What is expected
Down to the last character, repeat the entries beneath this task.

Provided information
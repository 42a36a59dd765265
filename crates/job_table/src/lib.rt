//! The rows of all tenants' jobs.
//!
//! A [`JobTable`] is the list of all jobs, by tenants and numbers, with a queue of those that wait.
//! Each call changes only the job that it names, and none if it is refused. A [`Job`] is a number,
//! a phase and [`Work`]; `find_mut` lends the work, and `set_phase` sets the phase and keeps the
//! queue.
//!
//! - `phase`: the phases of a job, and in which it waits, is out or has ended.
//! - `best`: the best schedule of a job, in memory that is taken once.
//! - `counts`: how many jobs each tenant has, and of how many the turn is out.
//! - `job`: `Job` and `Work`.
//! - `queue`: who waits, linked through the jobs.
//! - `table`: `JobTable`.
#![tactic(auto)]

mod best;
mod counts;
mod job;
mod phase;
mod queue;
mod table;

pub use job::{Job, Work, is_fresh};
pub use phase::Phase;
pub use table::JobTable;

Output of the exercise
repository 42a36a59dd765265
filename crates/job_table/src/lib.rt
//! The rows of all tenants' jobs.
//!
//! A [`JobTable`] is the list of all jobs, by tenants and numbers, with a queue of those that wait.
//! Each call changes only the job that it names, and none if it is refused. A [`Job`] is a number,
//! a phase and [`Work`]; `find_mut` lends the work, and `set_phase` sets the phase and keeps the
//! queue.
//!
//! - `phase`: the phases of a job, and in which it waits, is out or has ended.
//! - `best`: the best schedule of a job, in memory that is taken once.
//! - `counts`: how many jobs each tenant has, and of how many the turn is out.
//! - `job`: `Job` and `Work`.
//! - `queue`: who waits, linked through the jobs.
//! - `table`: `JobTable`.
#![tactic(auto)]

mod best;
mod counts;
mod job;
mod phase;
mod queue;
mod table;

pub use job::{Job, Work, is_fresh};
pub use phase::Phase;
pub use table::JobTable;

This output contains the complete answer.